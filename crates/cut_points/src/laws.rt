//! What holds of cuts, for any numbers.
ghost use Rattle.cut_points.specs.Laws.{CutsOneToOne, CutsOfSymmetricDifference};

/// The cuts of canonical lists are the ascending lists of numbers, one for each, and a number is a
/// member exactly where the count of cuts at most it is odd.
pub fn cuts_one_to_one()
    ensures { CutsOneToOne }
{}

/// The cuts of the members of just one of two sets are the cuts of just one of them.
pub fn cuts_of_symmetric_difference()
    ensures { CutsOfSymmetricDifference }
{}
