//! Reads a text, and writes its answer or its first fault; or writes the counts of a sample's
//! answer. The words of the command line, the text and the answer go through devices, over memory
//! or over std, so that `run` is proved against what a device may do.
#![tactic(auto)]

mod answering;
pub mod arguments;
#[cfg(test)]
mod callers;
pub mod command;
pub mod devices;
#[cfg(test)]
mod example_tests;
#[cfg(test)]
mod fault_tests;
pub mod program;
mod reading;
#[cfg(test)]
mod rules_tests;
#[cfg(test)]
mod run_tests;
#[cfg(test)]
mod sample_tests;
mod sampling;
pub mod status;
mod writing;

use crate::arguments::words_of;
use crate::devices::{StdSink, StdSource};
use crate::program::run;
use std::process::ExitCode;
use std::{env, io};

fn main(rt: HostRuntime) -> ExitCode {
    let args = match env::args(&rt) {
        Ok(args) => args,
        Err(error) if error.kind() == io::ErrorKind::OutOfMemory => return ExitCode::from(2),
        Err(_) => return ExitCode::from(11),
    };
    let Ok(words) = words_of(rt.alloc(), args) else {
        return ExitCode::from(2);
    };
    let mut source = StdSource::new(rt.stdin());
    let mut sink = StdSink::new(rt.stdout());
    ExitCode::from(run(rt.alloc(), &words, &mut source, &mut sink).code())
}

-----

# [PROBLEM TO SOLVE]
Restate the whole set of entries exactly.

# [RESPONSE]
filename crates/cut_points/src/laws.rt
//! What holds of cuts, for any numbers.
ghost use Rattle.cut_points.specs.Laws.{CutsOneToOne, CutsOfSymmetricDifference};

/// The cuts of canonical lists are the ascending lists of numbers, one for each, and a number is a
/// member exactly where the count of cuts at most it is odd.
pub fn cuts_one_to_one()
    ensures { CutsOneToOne }
{}

/// The cuts of the members of just one of two sets are the cuts of just one of them.
pub fn cuts_of_symmetric_difference()
    ensures { CutsOfSymmetricDifference }
{}
//! Reads a text, and writes its answer or its first fault; or writes the counts of a sample's
//! answer. The words of the command line, the text and the answer go through devices, over memory
//! or over std, so that `run` is proved against what a device may do.
#![tactic(auto)]

mod answering;
pub mod arguments;
#[cfg(test)]
mod callers;
pub mod command;
pub mod devices;
#[cfg(test)]
mod example_tests;
#[cfg(test)]
mod fault_tests;
pub mod program;
mod reading;
#[cfg(test)]
mod rules_tests;
#[cfg(test)]
mod run_tests;
#[cfg(test)]
mod sample_tests;
mod sampling;
pub mod status;
mod writing;

use crate::arguments::words_of;
use crate::devices::{StdSink, StdSource};
use crate::program::run;
use std::process::ExitCode;
use std::{env, io};

fn main(rt: HostRuntime) -> ExitCode {
    let args = match env::args(&rt) {
        Ok(args) => args,
        Err(error) if error.kind() == io::ErrorKind::OutOfMemory => return ExitCode::from(2),
        Err(_) => return ExitCode::from(11),
    };
    let Ok(words) = words_of(rt.alloc(), args) else {
        return ExitCode::from(2);
    };
    let mut source = StdSource::new(rt.stdin());
    let mut sink = StdSink::new(rt.stdout());
    ExitCode::from(run(rt.alloc(), &words, &mut source, &mut sink).code())
}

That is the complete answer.